Nevertheless here is something that does just that - implementing option 1. http://gerrit.libreoffice.org/c/core/+/123271 tdf#144013 ms export: prefer follow page-style over first
Comment 6 Justin L 2021-10-13 10:41:51 UTC
(In reply to Justin L from comment #4)
> [In DOC format, they fudge adding in a section page break in this case
Actually, it isn't just in DOC format. It also applies to DOCX, and WOULD in this case except we are IsInTable() at the point of the soft-break, so it skips it.

bool bNeedParaSplit = NeedTextNodeSplit( rNode, softBreakList ) && !IsInTable();

Of course, all of this was in OP's description, but I didn't make the connection.

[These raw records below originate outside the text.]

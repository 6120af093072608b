//! Known places that move.

ghost use Rattle.std.specs.Prelude.{◌≡◌, IfOk};
ghost use Rattle.cf_core.specs.Size.{size};
ghost use Rattle.cf_core.specs.Types.{Name as NameOf, element, plain};
ghost use Rattle.cf_core.specs.declared.operators.PointerOperator.TheVariants as pointer;
ghost use Rattle.cf_lower.specs.Constants as definition;
ghost use Rattle.cf_lower_types.specs.Bare.{classes_of};
ghost use Rattle.cf_lower_constants.specs.Knowing.{fact_in, reached, target_in};
ghost use Rattle.cf_lower_constants.specs.Sites.{told};

use crate::known::{Fact, Known, Target, nameless, target_of};
use crate::numbers::number_of;
use crate::site::Site;
use cf_base::Memory;
use cf_core::PointerOperator;
use cf_lower_types::{PlaceType, Tables, element_of, item_of, size_of};

/// The bytes of an object at a place.
#[tactic(auto, using(crate::proofs::Moves::size_of_bare, crate::proofs::Moves::size_of_characters))]
pub fn target_size(tables: &Tables<'_>, target: &Target) -> Result<u64, Memory>
    ensures { IfOk result (λ n. n ≡ size (classes_of tables.now) (target_in tables.now target.now)) }
{
    match target {
        Target::Exactly(id) => {
            let bytes = size_of(tables, *id)?;
            Ok(bytes)
        }
        Target::Bare(id) => {
            let bytes = size_of(tables, *id)?;
            Ok(bytes)
        }
        Target::Void | Target::Character => Ok(1),
        Target::Characters(count) => Ok(*count),
    }
}

/// The type of an array's elements; any other object alone counts as an array of one (5.7).
#[tactic(auto, using(crate::proofs::Moves::bare_item))]
fn target_item(tables: &Tables<'_>, target: &Target) -> Target
    ensures { target_in tables.now result ≡ element (plain (target_in tables.now target.now)) }
{
    match target {
        Target::Exactly(id) => Target::Exactly(item_of(tables, *id)),
        Target::Bare(id) => target_of(&element_of(tables, PlaceType::Of(*id))),
        Target::Void => Target::Void,
        Target::Character | Target::Characters(_) => Target::Character,
    }
}

/// A pointer to the first element of an array (4.6).
#[tactic(auto, using(crate::proofs::Moves::decayed_is))]
pub(crate) fn decayed(x: &Site<'_>, known: Known) -> Known
    ensures { told x.now result ≡ definition.decayed (told x.now known) }
{
    Known {
        fact: known.fact,
        target: target_item(x.tables, &known.target),
        name: known.name,
    }
}

/// A number of bytes further, or before where the number is negative.
#[tactic(auto, using(crate::proofs::Moves::further_on, crate::proofs::Moves::further_back))]
fn further(tables: &Tables<'_>, target: &Target, at: u64, count: i64) -> Result<u64, Memory>
    ensures { IfOk result (λ there. there ≡ reached at (size (classes_of tables.now) (target_in tables.now target.now)) count) }
{
    let each = target_size(tables, target)?;
    let bytes = count.unsigned_abs().checked_mul(each).ok_or(Memory)?;
    if count >= 0 {
        let there = at.checked_add(bytes).ok_or(Memory)?;
        Ok(there)
    } else {
        Ok(at.saturating_sub(bytes))
    }
}

/// What is known so many elements further.
#[tactic(auto, using(crate::proofs::Moves::moved_place))]
fn moved_fact(tables: &Tables<'_>, fact: &Fact, target: &Target, count: i64) -> Result<Fact, Memory>
    ensures { (n : NameOf) → IfOk result (λ there. fact_in tables.now there target.now n ≡ definition.moved (classes_of tables.now) (fact_in tables.now fact.now target.now n) count) }
{
    match fact {
        Fact::Place(at) => {
            let there = further(tables, target, *at, count)?;
            Ok(Fact::Place(there))
        }
        Fact::Nothing | Fact::Number(_) | Fact::Null | Fact::Function => Ok(Fact::Nothing),
    }
}

/// The same with its name.
fn moved(x: &Site<'_>, known: Known, count: i64) -> Result<Known, Memory>
    ensures { IfOk result (λ there. told x.now there ≡ definition.moved (classes_of x.now.tables.now) (told x.now known) count) }
{
    let there = moved_fact(x.tables, &known.fact, &known.target, count)?;
    Ok(Known {
        fact: there,
        target: known.target,
        name: known.name,
    })
}

/// A place and a number, in either order.
#[tactic(auto, using(crate::proofs::Moves::sum_first, crate::proofs::Moves::sum_second, crate::proofs::Moves::no_sum))]
pub(crate) fn sum(x: &Site<'_>, a: Known, b: Known) -> Result<Known, Memory>
    ensures { IfOk result (λ there. told x.now there ≡ definition.sum (classes_of x.now.tables.now) (told x.now a) (told x.now b)) }
{
    if let Some(count) = number_of(&a.fact) {
        let there = moved(x, b, count)?;
        return Ok(there);
    }
    match number_of(&b.fact) {
        Some(count) => {
            let there = moved(x, a, count)?;
            Ok(there)
        }
        None => Ok(nameless(x.alloc, Fact::Nothing)),
    }
}

/// A place less a number.
#[tactic(auto, using(crate::proofs::Moves::less_number, crate::proofs::Moves::no_less))]
fn less(x: &Site<'_>, a: Known, b: Known) -> Result<Known, Memory>
    ensures { IfOk result (λ there. told x.now there ≡ definition.pointer_known (classes_of x.now.tables.now) pointer.Subtract (told x.now a) (told x.now b)) }
{
    match number_of(&b.fact) {
        Some(count) => {
            let back = count.checked_neg().ok_or(Memory)?;
            let there = moved(x, a, back)?;
            Ok(there)
        }
        None => Ok(nameless(x.alloc, Fact::Nothing)),
    }
}

/// An operator with a pointer (5.7).
pub(crate) fn pointer_operated(
    x: &Site<'_>,
    op: PointerOperator,
    a: Known,
    b: Known,
) -> Result<Known, Memory>
    ensures { IfOk result (λ there. told x.now there ≡ definition.pointer_known (classes_of x.now.tables.now) op (told x.now a) (told x.now b)) }
{
    match op {
        PointerOperator::Add => {
            let there = sum(x, a, b)?;
            Ok(there)
        }
        PointerOperator::Subtract => {
            let there = less(x, a, b)?;
            Ok(there)
        }
        PointerOperator::Difference
        | PointerOperator::Less
        | PointerOperator::Greater
        | PointerOperator::LessEqual
        | PointerOperator::GreaterEqual
        | PointerOperator::Equal
        | PointerOperator::NotEqual => Ok(nameless(x.alloc, Fact::Nothing)),
    }
}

This fudging is actually a horrible hack that tends to seem to work OK visually, but foundationally it is terrible since it tends to hack one paragraph into two.  So you can easily have a paragraph end/start mid-sentence etc., and certain paragraph formatting can really showcase how bad it is. So there is no point in trying to "extend" this hack to also work with tables.
Comment 7 Justin L 2021-10-13 10:52:58 UTC
Created attachment 175714 [details]
144013_exaggerate.odt: demo of how terrible the "working" hack really is.
Comment 8 Luke 2021-10-23 19:09:18 UTC
Justin,
I like your idea of warning the user when LO's features don't map one-to-one to MSO's. It's a good stop-gap until this is fixed. What you think of adding support to LO's layout engine to support a Page Styles mode that matches MSO's? Should I file an enhancement request for either one or both.
Comment 9 Justin L 2021-10-23 19:13:44 UTC
I don't think there is any point in filing a bug about it. The scope is huge, so it will never get handled by a volunteer, only by a company. And in that case you don't need a bug report, you need money.